*DATA RECORDS*:
==*==

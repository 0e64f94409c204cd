// The text of a report.
ghost use Rattle.std.specs.Prelude.{◌≡◌, ◌-◌, IfOk, length, map, string_bytes};
ghost use Rattle.std.specs.List.{All};
ghost use Rattle.explain_report.specs.Arms.{read_arms};
ghost use Rattle.explain_report.specs.Skimming.{read_skimmed};
ghost use Rattle.explain_text.specs.Diagnosing.{Diagnosed};
ghost use Rattle.explain_text.specs.Diagnostics.{IsInside, diagnostic_view};
ghost use Rattle.explain_text.specs.Sources.{mark_length};
ghost use Rattle.explain_text.specs.Texts.{AnswersBy, Told, outcome_of, told_of};

use crate::diagnosing::{Fault, report_diagnostics};
use crate::diagnostics::Diagnostic;
use crate::source::{Source, mark_length};
use crate::texts::{error_count, form_text};
use explain_lines::checkpoints;
use no_memory::NoMemory;
use std::alloc::Global;

/// In which form findings are told.
#[derive(Clone, Copy, Debug, PartialEq, Eq)]
pub enum Form {
    /// With their lines and notes, and a last line with counts.
    Full,
    /// Each in one line: its place, its title and its label.
    Short,
}

/// How findings are told.
#[derive(Clone, Copy, Debug, PartialEq, Eq)]
pub struct Manner {
    /// In which form.
    pub form: Form,
    /// Whether with the colours of a terminal.
    pub paint: bool,
}

/// A report as text.
#[derive(Debug, Drop)]
pub struct Explained {
    /// The findings; empty where there are none.
    pub text: String,
    /// Whether a finding breaks a build: a match is not exhaustive, or a rule is broken.
    pub breaks: bool,
}

// The text of findings, all of whose places are in the file.
fn findings_explained(
    alloc: Global,
    manner: Manner,
    name: &str,
    file: &[u8],
    found: &[Diagnostic],
) -> Result<Explained, NoMemory>
    requires { All (IsInside (length file.now - mark_length file.now) (mark_length file.now)) (map diagnostic_view found.now) }
    ensures { IfOk result (λ e. told_of manner name.now file.now (Diagnosed (map diagnostic_view found.now))
        ≡ Told (string_bytes e.text) e.breaks) }
{
    let mark = mark_length(file);
    let text = &file[mark..];
    let spots = checkpoints(alloc, text)?;
    let source = Source {
        name,
        text,
        mark,
        spots: spots.as_slice(),
        paint: manner.paint,
    };
    let text = form_text(alloc, manner.form, &source, found)?;
    let breaks = error_count(found) > 0;
    Ok(Explained { text, breaks })
}

/// The text of a report in JSON, beside the file that it is of: the file's name as it is to be shown, its bytes, the
/// report of `check` or `trees`, and the report of `arms` or an empty text.
///
/// It is told by the manner, the two reports and the file alone ([`report_diagnostics`]). Where arms to add are told, they are
/// shown in place of the missing cases.
pub fn explain(
    alloc: Global,
    manner: Manner,
    name: &str,
    file: &[u8],
    json: &str,
    arms: &str,
) -> Result<Explained, Fault>
    ensures { AnswersBy file.now (outcome_of manner name.now file.now (read_skimmed json.now) (read_arms arms.now)) result }
{
    match report_diagnostics(alloc, file, json, arms) {
        Ok(found) => Ok(findings_explained(alloc, manner, name, file, found.as_slice())?),
        Err(fault) => Err(fault),
    }
}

==*==

*WHAT YOU NEED TO DO*: Of the lines above, output exactly those from the line bearing "pub struct Explained" through the line bearing "-> Result<Explained, NoMemory>", inclusive.

*EXERCISE SOLUTION*:
pub struct Explained {
    /// The findings; empty where there are none.
    pub text: String,
    /// Whether a finding breaks a build: a match is not exhaustive, or a rule is broken.
    pub breaks: bool,
}

// The text of findings, all of whose places are in the file.
fn findings_explained(
    alloc: Global,
    manner: Manner,
    name: &str,
    file: &[u8],
    found: &[Diagnostic],
) -> Result<Explained, NoMemory>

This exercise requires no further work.